— THE PROBLEM —
Transcribe only the lines between the first line of the records and the line containing "at this register.", inclusive, exactly as written.

(Collected data entries)
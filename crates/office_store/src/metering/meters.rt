//! Queries for the installation of a meter: its first entry, last entry and total energy. The query
//! is by the meter's name or by its accounting register (a named energy counter).
ghost use Rattle.std.specs.Prelude.{◌≡◌, false, length, IfOk, IfSome, IsUtf8};
ghost use Rattle.office_books.specs.Ranges.{IsSound};
ghost use Rattle.office_books.specs.Facts.{openings_in};
ghost use Rattle.office_books.specs.Meters.{meter_of, installation_at};
ghost use Rattle.office_store.specs.Finding.Finding.{Finds};
ghost use Rattle.office_store.specs.Metering.Sound.{HasReadableMeters};
ghost use Rattle.office_store.specs.Metering.Meters.{CountsOpenings};

use crate::metering::installations::standing;
use crate::metering::rows::{row_at, row_of};
use crate::text;
use office_events::{Installation, Name};
use sqlite::{Alter, Connection};
use store_tables::{RowFault, check_open, last_installation};

/// Returns the stored state of a meter, or None if the store has no meter with this name.
pub fn meter<S: Alter>(
    conn: &mut Connection<S>,
    name: &Name,
) -> Result<Option<Installation>, RowFault>
    requires { conn.old.in_transaction ≡ false }
    ensures finds { Finds S.Store conn.old conn.new result
        (λ facts found. found ≡ meter_of facts name.now)
        (λ facts. IsUtf8 name.now × HasReadableMeters facts) }
    ensures sound { IfOk result (λ found. IfSome found IsSound) }
{
    let meter = text(name)?;
    match row_of(conn, meter)? {
        None => Ok(None),
        Some(row) => Ok(Some(standing(conn, &row)?)),
    }
}

/// Returns the state of the meter that was installed last at an accounting register (a named
/// counter of a device). Returns None if no meter was installed at this register.
pub fn installation<S: Alter>(
    conn: &mut Connection<S>,
    register: &Name,
) -> Result<Option<Installation>, RowFault>
    requires { conn.old.in_transaction ≡ false }
    ensures finds { Finds S.Store conn.old conn.new result
        (λ facts found. found ≡ installation_at facts register.now)
        (λ facts. IsUtf8 register.now × HasReadableMeters facts) }
    ensures sound { IfOk result (λ found. IfSome found IsSound) }
{
    let register = text(register)?;
    match row_at(conn, register)? {
        None => Ok(None),
        Some(row) => Ok(Some(standing(conn, &row)?)),
    }
}

/// Returns the greatest index in `installations`. Rows are numbered from 1, so this index is the
/// number of meters.
fn last_place<S: Alter>(conn: &mut Connection<S>) -> Result<Option<u64>, RowFault>
    requires { conn.old.in_transaction ≡ false }
    ensures { Finds S.Store conn.old conn.new result CountsOpenings HasReadableMeters }
{
    check_open(conn)?;
    last_installation(conn)
}

/// Returns how many meters the store records as installed, closed meters included.
pub fn installation_count<S: Alter>(conn: &mut Connection<S>) -> Result<usize, RowFault>
    requires { conn.old.in_transaction ≡ false }
    ensures { Finds S.Store conn.old conn.new result
        (λ facts count. count ≡ length (openings_in facts)) HasReadableMeters }
{
    match last_place(conn)? {
        None => Ok(0),
        Some(place) => Ok(place as usize),
    }
}
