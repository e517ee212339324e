//! What there always is. Each law is the contract of a function that does nothing.
ghost use Rattle.affc_loopends.specs.bounding.Laws.{SystemsProject, ColumnsHaveBounds, ProgramsScan};

/// A system of at most 2^62 rows has a projection onto its first columns, or an elimination of 4,096 pairs.
pub fn systems_project()
    ensures law { SystemsProject }
{}

/// Each column of a system has ends by modest rows, or one of the causes why it has none.
pub fn columns_have_bounds()
    ensures law { ColumnsHaveBounds }
{}

/// A program that has loops for a schedule is scanned.
pub fn programs_scan()
    ensures law { ProgramsScan }
{}
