//! The body of the event `continued`: every thread continues.
ghost use Rattle.std.specs.Prelude.{OnOk};
ghost use Rattle.message_parts.specs.Continued.{continued_body};
ghost use Rattle.message_parts.specs.Written.{IsWritten};

use crate::member;
use crate::members::{ALL_THREADS_CONTINUED, THREAD_ID};
use json::Writer;
use std::alloc::AllocError;

/// Writes that every thread continues; there is one, the hart. It fails where no memory is left,
/// and then the writer is of no more use.
pub fn body(out: &mut Writer) -> Result<(), AllocError>
    ensures { OnOk result (IsWritten out.old out.new continued_body) }
{
    out.begin_object()?;
    member::truth(out, ALL_THREADS_CONTINUED, true)?;
    member::number(out, THREAD_ID, 1)?;
    out.end_object()
}
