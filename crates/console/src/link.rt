//! The client through which a session is asked, and that it follows.
ghost use Rattle.std.specs.Prelude.{◌≡◌};
ghost use Rattle.client.specs.Following.{Begins};
ghost use Rattle.console.specs.Following.{IsFollowing};

use client::{Client, SendError};
use mirror::Mirror;
use protocol::Request;
use replies::Message;
use session::{ConfigError, EventError, SliceEnd, Sliced};
use std::alloc::{AllocError, Global};
use std::marker::Model;

/// A client that follows a session.
#[derive(Drop)]
pub(crate) struct Link {
    client: Client,
}

impl Model for Link {
    ghost use Rattle.breakpoints.specs.Codes.{coded_tree};
    ghost use Rattle.client.specs.Following.{Kept};
    ghost use Rattle.console.specs.Following.{IsFollowing};
    ghost use Rattle.std.specs.Coded.{codes};

    ghost coded = { Prim.hlevel (codes, coded_tree) };

    ghost Value = { Kept };

    ghost view = { λ l. l.client };

    ghost invariant = { λ l. IsFollowing l.client };
}

impl Link {
    /// One of a new session with this much memory, in bytes.
    ///
    /// `BadMemorySize`: memory cannot have that size.
    pub(crate) fn new(alloc: Global, memory_size: u32) -> Result<Link, ConfigError>
        ensures { Begins memory_size result }
    {
        let client = Client::new(alloc, memory_size)?;
        Ok(Link { client })
    }

    /// The number of the last request; 0 before the first.
    pub(crate) fn last(&self) -> u32 {
        self.client.last()
    }

    /// Sends a request. The answer says whether the session takes it.
    pub(crate) fn send(&mut self, request: &Request) -> Result<bool, AllocError> {
        match self.client.send(request) {
            Ok(()) => Ok(true),
            Err(SendError::NoMemory | SendError::Session(EventError::NoMemory)) => Err(AllocError),
            Err(_) => Ok(false),
        }
    }

    /// Has the first request that waits answered, with this file if it wants one.
    pub(crate) fn turn(&mut self, file: Option<&[u8]>) -> Result<(), AllocError> {
        match self.client.turn(file) {
            Err(EventError::NoMemory) => Err(AllocError),
            _ => Ok(()),
        }
    }

    /// Gives the program time for this many moves, and tells how many it made.
    pub(crate) fn slice(&mut self, moves: u32) -> Result<u32, AllocError> {
        let sliced = self.client.slice(moves);
        moved(sliced)
    }

    /// Takes the messages that wait, which the mirror is fed.
    pub(crate) fn take(&mut self) -> Result<Vec<Message>, AllocError> {
        self.client.take()
    }

    /// The mirror, lent.
    pub(crate) fn mirror(&self) -> &Mirror
        ensures mirror { result.now ≡ self.now.mirror }
        ensures follows { IsFollowing self.now }
    {
        self.client.mirror()
    }
}

fn moved(sliced: Sliced) -> Result<u32, AllocError> {
    match sliced.ending {
        SliceEnd::NoMemory => Err(AllocError),
        _ => Ok(sliced.moved),
    }
}
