//! The body that answers `setVariable`: the value that the variable has now.

use crate::members::VALUE;
use crate::part::Part;
use crate::{find, member};
use json::Writer;
use protocol::Unread;
use serde_json::Value;
use std::alloc::{AllocError, Global};

/// What became of a variable that was set (`SetVariableResponse`).
#[derive(Drop)]
pub struct SetVariable {
    /// The value that it has now.
    pub value: u32,
}

impl Part for SetVariable {
    ghost use Rattle.message_parts.specs.SetVariable.{set_variable};

    ghost form = { set_variable };

    fn write(&self, out: &mut Writer) -> Result<(), AllocError> {
        out.begin_object()?;
        member::address(out, VALUE, self.value)?;
        out.end_object()
    }

    fn read(_alloc: Global, value: &Value) -> Result<SetVariable, Unread> {
        Ok(SetVariable {
            value: find::address(value, VALUE)?,
        })
    }
}
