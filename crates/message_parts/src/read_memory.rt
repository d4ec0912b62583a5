//! The body that answers `readMemory`: bytes of memory.
ghost use Rattle.std.specs.Prelude.{OnOk, option_and_then};
ghost use Rattle.protocol.specs.Arguments.{Reads};
ghost use Rattle.serde_json.specs.Find.{get};
ghost use Rattle.serde_json.specs.View.{view};
ghost use Rattle.message_parts.specs.ReadMemory.{read_memory};
ghost use Rattle.message_parts.specs.Written.{IsWritten};

use crate::members::{ADDRESS, DATA, UNREADABLE_BYTES};
use crate::{encoded_bytes, find, member};
use byte_strings::Bytes;
use json::Writer;
use protocol::Unread;
use serde_json::Value;
use std::alloc::{AllocError, Global};

/// Bytes of memory (`ReadMemoryResponse`).
#[derive(Drop)]
pub struct ReadMemory {
    /// The address of the first byte.
    pub address: u32,
    /// The bytes that can be read (`ReadMemoryResponse.body.data`).
    pub bytes: Bytes,
    /// How many of the bytes that were asked for, after these, cannot be read.
    pub unreadable_bytes: u32,
}

/// Writes the body. It fails where no memory is left, and then the writer is of no more use.
pub fn body(alloc: Global, out: &mut Writer, memory: &ReadMemory) -> Result<(), AllocError>
    ensures { OnOk result (IsWritten out.old out.new (read_memory.value memory.now)) }
{
    out.begin_object()?;
    member::address(out, ADDRESS, memory.address)?;
    encoded_bytes::member(alloc, out, DATA, &memory.bytes)?;
    member::number_unless_0(out, UNREADABLE_BYTES, memory.unreadable_bytes)?;
    out.end_object()
}

/// The body that the member of this name is taken for. `Bad` where there is no such member or it is taken
/// for none, `NoMemory` where no memory is left.
pub fn find(alloc: Global, value: &Value, name: &str) -> Result<ReadMemory, Unread>
    ensures { Reads result (option_and_then read_memory.found (get name.now (view value.now))) }
{
    match value.get(name) {
        Some(member) => read(alloc, member),
        None => Err(Unread::Bad),
    }
}

/// What the JSON value is taken for; `Bad` where it is taken for none.
fn read(alloc: Global, value: &Value) -> Result<ReadMemory, Unread>
    ensures { Reads result (read_memory.found (view value.now)) }
{
    Ok(ReadMemory {
        address: find::address(value, ADDRESS)?,
        bytes: encoded_bytes::find(alloc, value, DATA)?,
        unreadable_bytes: find::number_if(value, UNREADABLE_BYTES)?.unwrap_or(0),
    })
}
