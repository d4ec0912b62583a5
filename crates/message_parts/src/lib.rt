//! The parts that messages of the Debug Adapter Protocol are made of: the bodies of responses and events, and what
//! these are made of in turn.
//!
//! A kind of value in messages is a `Part`. `member` writes members of objects, `find` finds them again, and
//! `members` has the names of those of responses and events. Words, bytes and the bytes of an instruction stand in
//! JSON as texts (`address`, `encoded_bytes`, `instruction_bytes`).
//!
//! The body that answers a request has a module of its own, with the request's name (`initialize`, `threads`), and
//! so has that of an event (`stopped`, `output`).
#![tactic(auto)]

mod address;
pub mod continue_;
pub mod continued;
pub mod disassemble;
pub mod encoded_bytes;
pub mod evaluate;
pub mod exited;
pub mod find;
pub mod initialize;
mod instruction_bytes;
pub mod member;
pub mod members;
pub mod output;
pub mod part;
pub mod read_memory;
pub mod scopes;
pub mod set_breakpoints;
pub mod set_function_breakpoints;
pub mod set_instruction_breakpoints;
pub mod set_variable;
pub mod stack_trace;
pub mod stopped;
pub mod threads;
pub mod variables;
pub mod write_memory;

pub use disassemble::{Disassemble, Instruction};
pub use evaluate::Evaluate;
pub use exited::Exited;
pub use output::{Category, Output};
pub use part::Part;
pub use read_memory::ReadMemory;
pub use scopes::{Scope, Scopes};
pub use set_breakpoints::{SetBreakpoints, SourceBreakpoint};
pub use set_function_breakpoints::SetFunctionBreakpoints;
pub use set_instruction_breakpoints::{InstructionBreakpoint, SetInstructionBreakpoints};
pub use set_variable::SetVariable;
pub use stack_trace::{Source, StackFrame, StackTrace};
pub use stopped::{Reason, Stopped};
pub use variables::{Variable, Variables};
pub use write_memory::WriteMemory;
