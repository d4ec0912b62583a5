//! Pieces of what is shown: words, and facts of the machine.
ghost use Rattle.std.specs.Prelude.{◌≡◌, ◌<◌, ◌++◌, IfOk, OnOk, string_bytes};
ghost use Rattle.rv32i.specs.Texts.{hex_digit as digit};
ghost use Rattle.console.specs.Texts as spec;

use facts::{BreakInfo, FrameInfo, RunState};
use rv32i::{push_digits, reg_name};
use std::alloc::{AllocError, Global};

/// What a piece is, for those who colour it.
#[derive(Clone, Copy, Debug, PartialEq, Eq)]
pub enum Tone {
    /// The debugger's own words.
    Plain,
    /// What the program printed.
    Program,
    /// Why something was not done.
    Refusal,
    /// The line where the program stands.
    Here,
    /// A fact of the machine.
    Fact,
}

/// How a register is shown.
#[derive(Clone, Copy, Debug, PartialEq, Eq)]
pub enum Form {
    /// Its name, and its value as a hexadecimal, an unsigned and a signed number, and as a character where it is one.
    Line,
    /// Its name and its value in hexadecimal, as wide as each other one.
    Cell,
}

/// A list of breakpoints.
#[derive(Clone, Copy, Debug, PartialEq, Eq)]
pub enum Listed {
    /// Those at lines of the program's text.
    Source,
    /// Those at addresses.
    Instructions,
    /// Those at labels.
    Functions,
}

/// A piece of what is shown. All but `Words` and `Unknown` are facts of the machine.
#[derive(Drop)]
pub enum Piece {
    /// Words.
    Words(Tone, String),
    /// Whether the machine runs.
    Run(RunState),
    /// The register of a number, or pc, which is 32, and its value.
    Register(Form, u32, u32),
    /// The word of memory at an address, by its bytes; the first is the low one.
    Word(u32, u8, u8, u8, u8),
    /// The byte of memory at an address.
    Byte(u32, u8),
    /// The frame at an index; the innermost is 0.
    Frame(u32, FrameInfo),
    /// The breakpoint at an index, from 0, of a list.
    Break(Listed, usize, BreakInfo),
    /// A fact that is not known.
    Unknown,
}

impl Piece {
    /// What it is, for those who colour it.
    pub fn tone(&self) -> Tone
        ensures { result ≡ spec.tone_of self.now }
    {
        match self {
            Piece::Words(tone, _) => *tone,
            _ => Tone::Fact,
        }
    }

    /// Its text. It fails where no memory is left.
    pub fn text(&self, alloc: Global) -> Result<String, AllocError>
        ensures { IfOk result (λ text. string_bytes text ≡ spec.text_of self.now) }
    {
        match self {
            Piece::Words(_, words) => words.clone(),
            Piece::Run(state) => run_text(alloc, *state),
            Piece::Register(Form::Line, number, value) => register_line(alloc, *number, *value),
            Piece::Register(Form::Cell, number, value) => register_cell(alloc, *number, *value),
            Piece::Word(_, first, second, third, fourth) => {
                word_text(alloc, *first, *second, *third, *fourth)
            }
            Piece::Byte(_, value) => byte_text(alloc, *value),
            Piece::Frame(_, frame) => frame_text(alloc, frame),
            Piece::Break(_, _, found) => address_text(alloc, found.address),
            Piece::Unknown => String::from_str(alloc, "?"),
        }
    }
}

fn run_text(alloc: Global, state: RunState) -> Result<String, AllocError>
    ensures { IfOk result (λ text. string_bytes text ≡ spec.run_text state) }
{
    match state {
        RunState::Unknown => String::from_str(alloc, "unknown"),
        RunState::Running => String::from_str(alloc, "running"),
        RunState::Stopped => String::from_str(alloc, "stopped"),
        RunState::Ended(None) => String::from_str(alloc, "ended"),
        RunState::Ended(Some(code)) => format!(in alloc; "ended with exit code {code}"),
    }
}

fn register_line(alloc: Global, number: u32, value: u32) -> Result<String, AllocError>
    ensures { IfOk result (λ text. string_bytes text ≡ spec.register_line number value) }
{
    let mut text = String::from_str(alloc, register_name(number))?;
    let value = value_text(alloc, value)?;
    text.push_str(" = ")?;
    text.push_str(value.as_str())?;
    Ok(text)
}

fn register_cell(alloc: Global, number: u32, value: u32) -> Result<String, AllocError>
    ensures { IfOk result (λ text. string_bytes text ≡ spec.register_cell number value) }
{
    let name = register_name(number);
    let mut text = String::from_str(alloc, name)?;
    let value = address_text(alloc, value)?;
    text.push_str(gap(name.len()))?;
    text.push_str(value.as_str())?;
    Ok(text)
}

// The blanks after a name of this length.
fn gap(length: usize) -> &'static str
    ensures { result.now ≡ spec.gap length }
{
    match length {
        2 => "   ",
        3 => "  ",
        _ => " ",
    }
}

fn frame_text(alloc: Global, frame: &FrameInfo) -> Result<String, AllocError>
    ensures { IfOk result (λ text. string_bytes text ≡ spec.frame_text frame.now) }
{
    let mut text = address_text(alloc, frame.address)?;
    if text.as_str() == frame.name.as_str() {
        return Ok(text);
    }
    text.push(' ')?;
    text.push_str(frame.name.as_str())?;
    Ok(text)
}

fn word_text(
    alloc: Global,
    first: u8,
    second: u8,
    third: u8,
    fourth: u8,
) -> Result<String, AllocError>
    ensures { IfOk result (λ text. string_bytes text ≡ spec.word_text first second third fourth) }
{
    let mut text = String::from_str(alloc, "0x")?;
    push_byte(&mut text, fourth)?;
    push_byte(&mut text, third)?;
    push_byte(&mut text, second)?;
    push_byte(&mut text, first)?;
    Ok(text)
}

fn byte_text(alloc: Global, value: u8) -> Result<String, AllocError>
    ensures { IfOk result (λ text. string_bytes text ≡ spec.byte_text value) }
{
    let mut text = String::new(alloc);
    push_byte(&mut text, value)?;
    Ok(text)
}

// A byte in two hexadecimal digits.
fn push_byte(text: &mut String, value: u8) -> Result<(), AllocError>
    ensures { OnOk result (string_bytes text.new ≡ string_bytes text.old ++ spec.byte_text value) }
{
    text.push(hex_digit(value / 16))?;
    text.push(hex_digit(value % 16))
}

fn hex_digit(value: u8) -> char
    requires { value < 16 }
    ensures { result ≡ digit value }
{
    if value < 10 {
        char::from(value + 48)
    } else {
        char::from(value + 87)
    }
}

/// The name of the register of a number from 0 to 31, and `pc` of another.
pub(crate) fn register_name(number: u32) -> &'static str
    ensures { result.now ≡ spec.register_name number }
{
    if number < 32 { reg_name(number) } else { "pc" }
}

/// `0x` and the eight hexadecimal digits of a word.
pub(crate) fn address_text(alloc: Global, word: u32) -> Result<String, AllocError>
    ensures { IfOk result (λ text. string_bytes text ≡ spec.address_text word) }
{
    let mut text = String::from_str(alloc, "0x")?;
    push_digits(&mut text, word)?;
    Ok(text)
}

/// A value in hexadecimal and as an unsigned number; as a signed one where that is below 0, and as the character that it is in ASCII, if it
/// is one that can be seen.
pub(crate) fn value_text(alloc: Global, value: u32) -> Result<String, AllocError>
    ensures { IfOk result (λ text. string_bytes text ≡ spec.value_text value) }
{
    let mut text = address_text(alloc, value)?;
    let number = value.to_string(alloc)?;
    text.push_str("  ")?;
    text.push_str(number.as_str())?;
    push_rest(alloc, &mut text, value)?;
    Ok(text)
}

// What else a value is: a number below 0, or a character.
fn push_rest(alloc: Global, text: &mut String, value: u32) -> Result<(), AllocError>
    ensures { OnOk result (string_bytes text.new ≡ string_bytes text.old ++ spec.rest_text value) }
{
    if value < 0x8000_0000 {
        push_character(text, value)
    } else {
        let number = value.cast_signed().to_string(alloc)?;
        text.push_str("  ")?;
        text.push_str(number.as_str())
    }
}

fn push_character(text: &mut String, value: u32) -> Result<(), AllocError>
    requires { value < 2147483648 }
    ensures { OnOk result (string_bytes text.new ≡ string_bytes text.old ++ spec.rest_text value) }
{
    match u8::try_from(value) {
        Ok(byte @ 33..=126) => {
            text.push_str("  '")?;
            text.push(char::from(byte))?;
            text.push('\'')
        }
        _ => Ok(()),
    }
}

— COMPLETED EXERCISE —
filename crates/office_store/src/metering/meters.rt
//! Queries for the installation of a meter: its first entry, last entry and total energy. The query
//! is by the meter's name or by its accounting register (a named energy counter).
ghost use Rattle.std.specs.Prelude.{◌≡◌, false, length, IfOk, IfSome, IsUtf8};
ghost use Rattle.office_books.specs.Ranges.{IsSound};
ghost use Rattle.office_books.specs.Facts.{openings_in};
ghost use Rattle.office_books.specs.Meters.{meter_of, installation_at};
ghost use Rattle.office_store.specs.Finding.Finding.{Finds};
ghost use Rattle.office_store.specs.Metering.Sound.{HasReadableMeters};
ghost use Rattle.office_store.specs.Metering.Meters.{CountsOpenings};

use crate::metering::installations::standing;
use crate::metering::rows::{row_at, row_of};
use crate::text;
use office_events::{Installation, Name};
use sqlite::{Alter, Connection};
use store_tables::{RowFault, check_open, last_installation};

/// Returns the stored state of a meter, or None if the store has no meter with this name.
pub fn meter<S: Alter>(
    conn: &mut Connection<S>,
    name: &Name,
) -> Result<Option<Installation>, RowFault>
    requires { conn.old.in_transaction ≡ false }
    ensures finds { Finds S.Store conn.old conn.new result
        (λ facts found. found ≡ meter_of facts name.now)
        (λ facts. IsUtf8 name.now × HasReadableMeters facts) }
    ensures sound { IfOk result (λ found. IfSome found IsSound) }
{
    let meter = text(name)?;
    match row_of(conn, meter)? {
        None => Ok(None),
        Some(row) => Ok(Some(standing(conn, &row)?)),
    }
}

/// Returns the state of the meter that was installed last at an accounting register (a named
/// counter of a device). Returns None if no meter was installed at this register.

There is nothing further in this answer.